Oh I am outwardly an extrovert but inwardly an introvert....don't know if anyone understands that..


----------



## NancyNGA (Dec 11, 2014)

hollydolly said:


> Oh I am outwardly an extrovert but inwardly an introvert....don't know if anyone understands that..



Interesting.   I would say I'm just the opposite---outwardly an introvert but inwardly an extrovert.


----------



## Falcon (Dec 11, 2014)

More of an extrovert but don't talk a lot unless required.....Then, I speak up.

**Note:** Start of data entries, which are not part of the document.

//! What keys and the pointer do to entries (entry(n)).
ghost use Rattle.std.specs.Prelude.{◌≡◌, IfOk, OnOk};
ghost use Rattle.std.specs.Option.{option_copied};
ghost use Rattle.tk_class_commands.specs.Entries as spec;
ghost use Rattle.tk_class_commands.specs.Outcomes.{done};
ghost use Rattle.tk_inputs.specs.Shared.{arrivals_of};
ghost use Rattle.tk_inputs.specs.Shared as inputs_of;
ghost use Rattle.tk_dispatch.specs.Queue as queue_of;
ghost use Rattle.tk_screen.specs.Shared.{LeavesOthers, own_of};
ghost use Rattle.tk_widgets.specs.Classes.{columns_to};

use crate::changes::make;
use crate::outcome::{ClassOutcome, nothing, outcome_of};
use std::alloc::{AllocError, Global};
use tcl_text::Text;
use tcl_vars::Scopes;
use tk_base::Win;
use tk_dispatch::EventQueue;
use tk_inputs::{Inputs, set_focus};
use tk_options::{OptionName, OptionTable};
use tk_screen::{Screen, change_widget, variable_text};
use tk_widgets::{Entry, EntryEdit, Move, Parts, Widget, WidgetChange, WidgetRequest};

/// The width of a column, in pixels.
const COLUMN: usize = 8;

/// What a command asks of an entry.
#[derive(Drop)]
pub enum EntryRequest {
    /// An edit by a key.
    Edit(EntryEdit),
    /// The cursor goes by a key.
    Move(Move),
    /// The entry is pressed, so many pixels from its left edge.
    Point(i64),
}

/// How a cursor goes.
#[derive(Clone, Copy)]
pub enum CursorMove {
    /// By a key.
    By(Move),
    /// To the pointer, so many pixels from the left edge.
    To(i64),
}

/// What is done to an entry, at a moment in milliseconds.
pub fn entry_asked(
    alloc: Global,
    screen: &mut Screen,
    inputs: &mut Inputs,
    queue: &mut EventQueue,
    scopes: &mut Scopes,
    win: Win,
    moment: u64,
    request: EntryRequest,
) -> Result<ClassOutcome, AllocError>
    ensures own { IfOk result (λ outcome. done (own_of win.owner screen.new) (arrivals_of win.owner inputs.new queue.new) scopes.new outcome
        ≡ spec.entry_asked win.number moment request (own_of win.owner screen.old) (arrivals_of win.owner inputs.old queue.old) scopes.old) }
    ensures screen { LeavesOthers win.owner screen.old screen.new }
    ensures inputs { inputs_of.LeavesOthers win.owner inputs.old inputs.new }
    ensures queue { queue_of.LeavesOthers win.owner queue.old queue.new }
{
    match request {
        EntryRequest::Edit(key) => edit(alloc, screen, scopes, win, key),
        EntryRequest::Move(way) => {
            move_cursor(alloc, screen, scopes, win, CursorMove::By(way))?;
            Ok(nothing())
        }
        EntryRequest::Point(x) => point(alloc, screen, inputs, queue, scopes, win, moment, x),
    }
}

/// An edit by a key, with the variable that the entry shows.
fn edit(
    alloc: Global,
    screen: &mut Screen,
    scopes: &mut Scopes,
    win: Win,
    key: EntryEdit,
) -> Result<ClassOutcome, AllocError>
    ensures own { IfOk result (λ outcome. spec.told (own_of win.owner screen.new) scopes.new outcome
        ≡ spec.edited win.number key (own_of win.owner screen.old) scopes.old) }
    ensures others { LeavesOthers win.owner screen.old screen.new }
{
    let Some(widget) = screen.widget(win) else {
        return Ok(nothing());
    };
    match widget.ask_edit(alloc, variable_text(widget, scopes), &key)? {
        WidgetRequest::Done(act) => Ok(outcome_of(Some(act))),
        WidgetRequest::Wants(change) => {
            let act = change_widget(alloc, screen, scopes, win, change)?;
            Ok(outcome_of(act))
        }
    }
}

/// Puts the cursor of an entry behind so many characters.
fn put_cursor(
    alloc: Global,
    screen: &mut Screen,
    win: Win,
    at: Option<usize>,
) -> Result<(), AllocError>
    ensures own { OnOk result (own_of win.owner screen.new ≡ spec.with_cursor win.number at (own_of win.owner screen.old)) }
    ensures others { LeavesOthers win.owner screen.old screen.new }
{
    match at {
        Some(at) => make(alloc, screen, win, WidgetChange::PutCursor(at)),
        None => Ok(()),
    }
}

/// Behind how many characters the cursor comes; nowhere where the widget is no entry.
fn place_of(widget: &Widget, scopes: &Scopes, how: CursorMove) -> Result<Option<usize>, AllocError>
    ensures { IfOk result (λ at. at ≡ spec.place_of how scopes.now widget.now) }
{
    match &widget.parts {
        Parts::Entry(entry) => {
            let at = place_in(&widget.options, entry, variable_text(widget, scopes), how)?;
            Ok(Some(at))
        }
        _ => Ok(None),
    }
}

/// Behind how many characters the cursor of an entry comes that shows this text of a variable.
fn place_in(
    options: &OptionTable,
    entry: &Entry,
    variable: Option<&Text>,
    how: CursorMove,
) -> Result<usize, AllocError>
    ensures { IfOk result (λ at. at ≡ spec.place_in how (option_copied variable.entry) options.now entry.now) }
{
    let mut moved = copy_of(entry)?;
    match how {
        CursorMove::By(way) => moved.move_cursor(variable, way),
        CursorMove::To(x) => {
            let room = columns_to(x, options.amount(OptionName::BorderWidth));
            moved.point(variable, room);
        }
    }
    Ok(moved.cursor)
}

/// How many columns stand to the left of so many pixels, inside a border.
fn columns_to(x: i64, border: u32) -> usize
    ensures { result ≡ columns_to x border }
{
    usize::try_from(x)
        .unwrap_or(0)
        .saturating_sub(border as usize)
        / COLUMN
}

/// A copy of an entry.
fn copy_of(entry: &Entry) -> Result<Entry, AllocError>
    ensures { IfOk result (λ copy. copy ≡ entry.now) }
{
    Ok(Entry {
        text: entry.text.copy()?,
        cursor: entry.cursor,
    })
}

/// The cursor of an entry goes by a key or to the pointer.
fn move_cursor(
    alloc: Global,
    screen: &mut Screen,
    scopes: &Scopes,
    win: Win,
    how: CursorMove,
) -> Result<(), AllocError>
    ensures own { OnOk result (own_of win.owner screen.new ≡ spec.moved_at win.number how (own_of win.owner screen.old) scopes.now) }
    ensures others { LeavesOthers win.owner screen.old screen.new }
{
    let Some(widget) = screen.widget(win) else {
        return Ok(());
    };
    let at = place_of(widget, scopes, how)?;
    put_cursor(alloc, screen, win, at)
}

/// An entry is pressed, unless it is disabled: it gets the keys, and its cursor goes to the pointer.
fn point(
    alloc: Global,
    screen: &mut Screen,
    inputs: &mut Inputs,
    queue: &mut EventQueue,
    scopes: &Scopes,
    win: Win,
    moment: u64,
    x: i64,
) -> Result<ClassOutcome, AllocError>
    ensures own { IfOk result (λ outcome. done (own_of win.owner screen.new) (arrivals_of win.owner inputs.new queue.new) scopes.now outcome
        ≡ spec.pointed win.number moment x (own_of win.owner screen.old) (arrivals_of win.owner inputs.old queue.old) scopes.now) }
    ensures screen { LeavesOthers win.owner screen.old screen.new }
    ensures inputs { inputs_of.LeavesOthers win.owner inputs.old inputs.new }
    ensures queue { queue_of.LeavesOthers win.owner queue.old queue.new }
{
    if is_disabled(screen, win) {
        return Ok(nothing());
    }
    set_focus(&screen.windows, inputs, queue, win, moment)?;
    move_cursor(alloc, screen, scopes, win, CursorMove::To(x))?;
    Ok(nothing())
}

/// Whether it is an entry that takes no part in anything.
fn is_disabled(screen: &Screen, win: Win) -> bool
    ensures { result ≡ spec.is_disabled_at win.number (own_of win.owner screen.now) }
{
    match screen.widget(win) {
        Some(entry) => entry.is_disabled(),
        None => false,
    }
}
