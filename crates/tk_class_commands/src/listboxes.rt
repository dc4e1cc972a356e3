//! The commands of the class Listbox (listbox(n)).
ghost use Rattle.std.specs.Prelude.{◌≡◌, IfOk, OnOk};
ghost use Rattle.tk_class_commands.specs.Listboxes as spec;
ghost use Rattle.tk_inputs.specs.Shared.{arrivals_of};
ghost use Rattle.tk_inputs.specs.Shared as inputs_of;
ghost use Rattle.tk_dispatch.specs.Queue as queue_of;
ghost use Rattle.tk_screen.specs.Shared.{LeavesOthers, own_of};
ghost use Rattle.tk_widgets.specs.ListboxKeys.{place_after, row_of};

use crate::changes::make;
use crate::outcome::{ClassOutcome, nothing};
use std::alloc::{AllocError, Global};
use tk_base::Win;
use tk_dispatch::EventQueue;
use tk_inputs::{Inputs, set_focus};
use tk_options::OptionName;
use tk_screen::Screen;
use tk_widgets::{Choice, Listbox, Parts, RowStep, Widget, WidgetChange};

/// What a command asks of a listbox. Heights are in pixels, from the upper edge.
#[derive(Clone, Copy, Debug, PartialEq, Eq)]
pub enum ListboxRequest {
    Press(i64),
    Drag(i64),
    Step(RowStep),
    Choose,
}

/// What is to be done to a listbox.
#[derive(Clone, Copy)]
pub struct Effect {
    /// The place of the item that becomes active.
    pub active: usize,
    /// How it is selected; none where it isn't.
    pub choice: Option<Choice>,
}

/// What is done to a listbox. A press that does something gives it the keys.
#[tactic(auto, unfolding(crate::specs::Listboxes::listbox_asked))]
pub fn listbox_asked(
    alloc: Global,
    screen: &mut Screen,
    inputs: &mut Inputs,
    queue: &mut EventQueue,
    win: Win,
    moment: u64,
    request: ListboxRequest,
) -> Result<ClassOutcome, AllocError>
    ensures own { IfOk result (λ outcome. spec.told (own_of win.owner screen.new) (arrivals_of win.owner inputs.new queue.new) outcome
        ≡ spec.listbox_asked win.number moment request (own_of win.owner screen.old) (arrivals_of win.owner inputs.old queue.old)) }
    ensures screen { LeavesOthers win.owner screen.old screen.new }
    ensures inputs { inputs_of.LeavesOthers win.owner inputs.old inputs.new }
    ensures queue { queue_of.LeavesOthers win.owner queue.old queue.new }
{
    let Some(effect) = effect_at(screen, win, request) else {
        return Ok(nothing());
    };
    if is_press(request) {
        set_focus(&screen.windows, inputs, queue, win, moment)?;
    }
    take_effect(alloc, screen, win, effect)?;
    Ok(outcome_of(win.number, effect))
}

/// The item becomes active, and is selected if it is to be.
fn take_effect(
    alloc: Global,
    screen: &mut Screen,
    win: Win,
    effect: Effect,
) -> Result<(), AllocError>
    ensures own { OnOk result (own_of win.owner screen.new ≡ spec.with_effect win.number effect (own_of win.owner screen.old)) }
    ensures others { LeavesOthers win.owner screen.old screen.new }
{
    make(alloc, screen, win, WidgetChange::Activate(effect.active))?;
    match effect.choice {
        Some(choice) => make(alloc, screen, win, WidgetChange::Select(choice)),
        None => Ok(()),
    }
}

/// A selection that was made or toggled is to be told.
fn outcome_of(number: u64, effect: Effect) -> ClassOutcome
    ensures { result ≡ spec.outcome_of number effect.choice }
{
    match effect.choice {
        Some(_) => ClassOutcome::Selects(number),
        None => nothing(),
    }
}

/// What is to be done to the listbox of a window; none where nothing is.
fn effect_at(screen: &Screen, win: Win, request: ListboxRequest) -> Option<Effect>
    ensures { result ≡ spec.effect_at win.number request (own_of win.owner screen.now) }
{
    let widget = screen.widget(win)?;
    match &widget.parts {
        Parts::Listbox(listbox) => effect_on(widget, listbox, request),
        _ => None,
    }
}

fn effect_on(widget: &Widget, listbox: &Listbox, request: ListboxRequest) -> Option<Effect>
    ensures { result ≡ spec.effect_on request widget.now.options listbox.now }
{
    match request {
        ListboxRequest::Press(y) => pressed(widget, listbox, y),
        ListboxRequest::Drag(y) => dragged(widget, listbox, y),
        ListboxRequest::Step(step) => stepped(widget, listbox, step),
        ListboxRequest::Choose => active_selected(widget, listbox),
    }
}

/// The place of the item at a height, inside the border.
fn row_of(widget: &Widget, listbox: &Listbox, y: i64) -> usize
    ensures { result ≡ row_of y widget.now.options listbox.now }
{
    listbox.row(y, widget.options.amount(OptionName::BorderWidth))
}

/// A press at a height: the item there, unless there is none.
fn pressed(widget: &Widget, listbox: &Listbox, y: i64) -> Option<Effect>
    ensures { result ≡ spec.pressed y widget.now.options listbox.now }
{
    if listbox.size() == 0 {
        return None;
    }
    let row = row_of(widget, listbox, y);
    Some(Effect {
        active: row,
        choice: Some(choice_of(widget, row)),
    })
}

/// The pointer dragged to a height, in the mode `browse`: the item there, where it isn't the active one.
fn dragged(widget: &Widget, listbox: &Listbox, y: i64) -> Option<Effect>
    ensures { result ≡ spec.dragged y widget.now.options listbox.now }
{
    let row = row_of(widget, listbox, y);
    if !widget.is_browse() || row == listbox.active() {
        return None;
    }
    Some(Effect {
        active: row,
        choice: Some(Choice::Alone { place: row }),
    })
}

/// A step from the active item, where there is another; in the mode `browse` it is the selection.
fn stepped(widget: &Widget, listbox: &Listbox, step: RowStep) -> Option<Effect>
    ensures { result ≡ spec.stepped step widget.now.options listbox.now }
{
    let place = place_after(listbox, step);
    if place == listbox.active() {
        return None;
    }
    let choice = if widget.is_browse() {
        Some(Choice::Alone { place })
    } else {
        None
    };
    Some(Effect {
        active: place,
        choice,
    })
}

/// The active item, unless there is none.
fn active_selected(widget: &Widget, listbox: &Listbox) -> Option<Effect>
    ensures { result ≡ spec.active_selected widget.now.options listbox.now }
{
    if listbox.size() == 0 {
        return None;
    }
    let active = listbox.active();
    Some(Effect {
        active,
        choice: Some(choice_of(widget, active)),
    })
}

/// How an item is selected: in the mode `multiple` it is toggled, else it is the selection.
fn choice_of(widget: &Widget, place: usize) -> Choice
    ensures { result ≡ spec.choice_of place widget.now.options }
{
    if widget.is_multiple() {
        Choice::Toggle { place }
    } else {
        Choice::Alone { place }
    }
}

/// The place a step further, or that of the active item where there is none.
fn place_after(listbox: &Listbox, step: RowStep) -> usize
    ensures { result ≡ place_after step listbox.now }
{
    let last = listbox.size().saturating_sub(1);
    match step {
        RowStep::Up => listbox.active().saturating_sub(1),
        RowStep::Down => listbox.active().saturating_add(1).min(last),
    }
}

fn is_press(request: ListboxRequest) -> bool
    ensures { result ≡ spec.is_press request }
{
    matches!(request, ListboxRequest::Press(_))
}
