/// What is known of the next command, where the commands of a script have come so far.
fn front_of(came: &Came) -> Front {
    match came {
        Came::At { front, .. } => *front,
        Came::Within(stop) => stop.front,
    }
}

/// Runs the next commands of a script, as long as they can be done on their words, for so many steps at most.
pub fn run_on<T: Tasks>(
    alloc: Global,
    scopes: &mut Scopes,
    context: &mut Context,
    frames: &mut Vec<Frame<T::Task>>,
    from: ScriptPlace,
    previous: Text,
    most: u64,
    left: &mut u64,
) -> Result<Gone<T::Task>, AllocError>
    requires there { most ≤ left.old }
    ensures context { context.new ≡ context.old }
    ensures ok { IfOk result (λ gone. (shows : T.Shows) → TakesSteps T.outside gone.steps
        (standing (moved (GoesOn from.room (left_in from) previous) (waits_of frames.old.items)) scopes.old context.old) shows
        (standing_of gone.now frames.new.items scopes.new context.new) shows) }
    ensures most { IfOk result (λ gone. gone.steps ≤ most) }
    ensures counted { IfOk result (λ gone. gone.steps + left.new ≡ left.old) }
    ensures taken { left.new ≤ left.old }
    ensures within { left.old ≤ left.new + most }
    ensures untaken { IfOk result (λ gone. gone.steps ≡ 0 → scopes.new ≡ scopes.old) }
    ensures uncounted { OnErr result (left.new ≡ left.old → scopes.new ≡ scopes.old) }
{
    let ScriptPlace { script, next, room } = from;
    let Went { came, steps } = run_whole::<T>(
        alloc, scopes, context, &script, next, previous, room, most, left,
    )?;
    let front = front_of(&came);
    let now = come_on(context, frames, script, room, came)?;
    Ok(Gone { now, steps, front })
}
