//! Changes of widgets that have to do with no variable.
ghost use Rattle.std.specs.Prelude.{◌≡◌, OnOk};
ghost use Rattle.tk_class_commands.specs.Changes.{with_change};
ghost use Rattle.tk_screen.specs.Shared.{LeavesOthers, own_of};

use std::alloc::{AllocError, Global};
use tk_base::Win;
use tk_screen::Screen;
use tk_widgets::WidgetChange;

/// Makes a change of a window's widget; nothing where it has none.
pub fn make(
    alloc: Global,
    screen: &mut Screen,
    win: Win,
    change: WidgetChange,
) -> Result<(), AllocError>
    ensures own { OnOk result (own_of win.owner screen.new ≡ with_change win.number change (own_of win.owner screen.old)) }
    ensures others { LeavesOthers win.owner screen.old screen.new }
{
    screen.widgets.make(alloc, win, change)?;
    Ok(())
}
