//! The commands that the bindings of the classes Button, Entry and Listbox run, `tk::ButtonEnter` and so on: what keys and the pointer do to widgets
//! (button(n), entry(n), listbox(n)).
#![tactic(auto)]

mod buttons;
mod changes;
mod commands;
mod entries;
mod listboxes;
mod outcome;
mod requests;
mod table;
mod targets;

pub use commands::class_command_done;
pub use outcome::ClassOutcome;
pub use table::{ClassCommand, class_command_named};
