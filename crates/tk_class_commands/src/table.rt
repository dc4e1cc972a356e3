//! The commands by their names: a row for each.
ghost use Rattle.std.specs.Prelude.{◌≡◌, Some};
ghost use Rattle.tk_class_commands.specs.Table as spec;

use crate::buttons::ButtonRequest;
use std::marker::Model;
use tk_base::Kind;

/// A command that class bindings run, as its row in the table says.
#[derive(Drop)]
pub struct ClassCommand {
    /// Its name, and what the bindings put behind it.
    pub usage: &'static str,
    /// The kind of widgets that it is for.
    pub kind: Kind,
    pub form: ClassForm,
}

impl Model for ClassCommand {
    ghost use Rattle.tk_class_commands.specs.Table.{ClassCommand};

    ghost Value = { ClassCommand };

    ghost view = { λ c. record { usage = c.usage.now; kind = c.kind; form = c.form } };
}

/// What the words behind a command's name are.
#[derive(Clone, Copy)]
pub enum ClassForm {
    /// The path of a widget alone.
    Path(PathForm),
    /// The path of a widget and another word.
    Word(WordForm),
}

/// What a command does that takes a path alone.
#[derive(Clone, Copy)]
pub enum PathForm {
    /// Something is done to a button.
    Button(ButtonRequest),
    /// The character before an entry's cursor is deleted.
    Backspace,
    /// The character behind an entry's cursor is deleted.
    Delete,
    /// The active item of a listbox is selected.
    Choose,
}

/// What a command does with the word behind the path.
#[derive(Clone, Copy)]
pub enum WordForm {
    /// The text of a key is inserted into an entry.
    Typed,
    /// An entry's cursor goes this way.
    Move,
    /// An entry is pressed, so many pixels from its left edge.
    Point,
    /// A listbox is pressed, so many pixels from its upper edge.
    Press,
    /// The pointer is dragged over a listbox, so many pixels from its upper edge.
    Drag,
    /// The active item of a listbox goes a step.
    Step,
}

fn command(kind: Kind, usage: &'static str, form: ClassForm) -> Option<ClassCommand>
    ensures { result ≡ Some (record { usage = usage.now; kind = kind; form = form }) }
{
    Some(ClassCommand { usage, kind, form })
}

fn on_path(kind: Kind, usage: &'static str, form: PathForm) -> Option<ClassCommand>
    ensures { result ≡ Some (spec.on_path kind usage.now form) }
{
    command(kind, usage, ClassForm::Path(form))
}

fn with_word(kind: Kind, usage: &'static str, form: WordForm) -> Option<ClassCommand>
    ensures { result ≡ Some (spec.with_word kind usage.now form) }
{
    command(kind, usage, ClassForm::Word(form))
}

fn on_button(usage: &'static str, request: ButtonRequest) -> Option<ClassCommand>
    ensures { result ≡ Some (spec.on_button usage.now request) }
{
    on_path(Kind::Button, usage, PathForm::Button(request))
}

/// The one of a name.
#[tactic(auto, unfolding(crate::specs::Table::class_command_named))]
pub fn class_command_named(name: &str) -> Option<ClassCommand>
    ensures { result ≡ spec.class_command_named name.now }
{
    match name {
        "tk::ButtonEnter" => on_button("tk::ButtonEnter %W", ButtonRequest::Enter),
        "tk::ButtonLeave" => on_button("tk::ButtonLeave %W", ButtonRequest::Leave),
        "tk::ButtonDown" => on_button("tk::ButtonDown %W", ButtonRequest::Press),
        "tk::ButtonUp" => on_button("tk::ButtonUp %W", ButtonRequest::Release),
        "tk::ButtonInvoke" => on_button("tk::ButtonInvoke %W", ButtonRequest::Invoke),
        "tk::EntryInsert" => with_word(Kind::Entry, "tk::EntryInsert %W %A", WordForm::Typed),
        "tk::EntryBackspace" => on_path(Kind::Entry, "tk::EntryBackspace %W", PathForm::Backspace),
        "tk::EntryDelete" => on_path(Kind::Entry, "tk::EntryDelete %W", PathForm::Delete),
        "tk::EntryMove" => with_word(Kind::Entry, "tk::EntryMove %W left", WordForm::Move),
        "tk::EntryDown" => with_word(Kind::Entry, "tk::EntryDown %W %x", WordForm::Point),
        "tk::ListboxDown" => with_word(Kind::Listbox, "tk::ListboxDown %W %y", WordForm::Press),
        "tk::ListboxDrag" => with_word(Kind::Listbox, "tk::ListboxDrag %W %y", WordForm::Drag),
        "tk::ListboxMove" => with_word(Kind::Listbox, "tk::ListboxMove %W -1", WordForm::Step),
        "tk::ListboxSpace" => on_path(Kind::Listbox, "tk::ListboxSpace %W", PathForm::Choose),
        _ => None,
    }
}
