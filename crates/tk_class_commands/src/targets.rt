//! The words of the commands, and their errors.
ghost use Rattle.std.specs.Prelude.{◌≡◌, Some};
ghost use Rattle.std.specs.Option.{option_copied};
ghost use Rattle.tcl_text.specs.Answers.{Gives, integer_in as integer_of};
ghost use Rattle.tk_class_commands.specs.Targets as spec;
ghost use Rattle.tk_screen.specs.Shared.{own_of};
ghost use Rattle.tk_tree.specs.Own.{at_path};
ghost use Rattle.tk_tree.specs.Shared.{own_of as tree_of};

use std::alloc::Global;
use tcl_text::Text;
use tcl_text::answers::{Refusal, not_integer, quoting_error};
use tk_base::{Kind, Win};
use tk_screen::Screen;
use tk_tree::{Window, Windows, bad_path};

/// The number of the window of a path, which has to be of the class of a kind of widgets (24).
#[tactic(auto, unfolding(crate::specs::Targets::number_of))]
pub fn number_of(
    alloc: Global,
    screen: &Screen,
    slot: usize,
    kind: Kind,
    path: &Text,
) -> Result<u64, Refusal>
    ensures { Gives result (spec.number_of kind path.now (own_of slot screen.now)) }
{
    match window_of(&screen.windows, slot, path) {
        Some(window) => number_in(alloc, kind, path, window),
        None => bad_path(alloc, path),
    }
}

/// The window of a path; none where the application has none of it.
fn window_of<'a>(windows: &'a Windows, slot: usize, path: &Text) -> Option<&'a Window>
    ensures { option_copied result ≡ at_path path.now (tree_of slot windows.now) }
{
    let win = windows.find(slot, path.as_str())?;
    windows.window(Win {
        owner: slot,
        number: win.number,
    })
}

/// The number of a window, which has to be of the class.
fn number_in(alloc: Global, kind: Kind, path: &Text, window: &Window) -> Result<u64, Refusal>
    ensures { Gives result (spec.number_in kind path.now (Some window.now)) }
{
    if window.kind.class() == kind.class() {
        Ok(window.number)
    } else {
        bad_path(alloc, path)
    }
}

/// The integer that a word is (1).
#[tactic(auto, unfolding(tcl_text::specs::Answers::integer_in))]
pub fn integer_in(alloc: Global, word: &Text) -> Result<i64, Refusal>
    ensures { Gives result (integer_of word.now) }
{
    match word.integer() {
        Ok(number) => Ok(number),
        Err(_) => not_integer(alloc, word),
    }
}
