//! What comes of a command.
ghost use Rattle.std.specs.Prelude.{◌≡◌};
ghost use Rattle.tk_class_commands.specs.Outcomes.{nothing, outcome_of};

use tcl_text::Text;
use tk_widgets::WidgetAct;

/// What comes of a command that a class binding runs.
#[derive(Drop)]
pub enum ClassOutcome {
    /// What a widget's command tells: a result, an error, or a button's command, which runs.
    Acts(WidgetAct),
    /// A selection was made or toggled in the listbox with this number: `<<ListboxSelect>>` is dispatched to it at once.
    Selects(u64),
}

/// The empty result.
pub fn nothing() -> ClassOutcome
    ensures { result ≡ nothing }
{
    ClassOutcome::Acts(WidgetAct::Answer(Text::empty()))
}

/// What was told of a widget; the empty result where there is none.
pub fn outcome_of(act: Option<WidgetAct>) -> ClassOutcome
    ensures { result ≡ outcome_of act }
{
    match act {
        Some(act) => ClassOutcome::Acts(act),
        None => nothing(),
    }
}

I could never understand the saying, "The meek shall inherit the earth."


----------



## SeaBreeze (Dec 11, 2014)

I'm neither, just somewhere in the middle.  I am not so self-involved that I prefer to be alone all the time, but I do not always seek activities involving other people besides my husband, and I hate large crowds.  Although I'm a woman, I'm not a big chatterbox as the stereotype indicates, but I easily have little chats even with strangers in public places, when it comes naturally.  I never was or never will be a social butterfly, and that's okay with me.


----------



## oakapple (Dec 11, 2014)

SeaBreeze said:


> I'm neither, just somewhere in the middle. I am not so self-involved that I prefer to be alone all the time, but I do not always seek activities involving other people besides my husband, and I hate large crowds. Although I'm a woman, I'm not a big chatterbox as the stereotype indicates, but I easily have little chats even with strangers in public places, when it comes naturally. I never was or never will be a social butterfly, and that's okay with me.


Me too Seabreeze.


----------



## hollydolly (Dec 11, 2014)

NancyNGA said:


> Interesting.   I would say I'm just the opposite---outwardly an introvert but inwardly an extrovert.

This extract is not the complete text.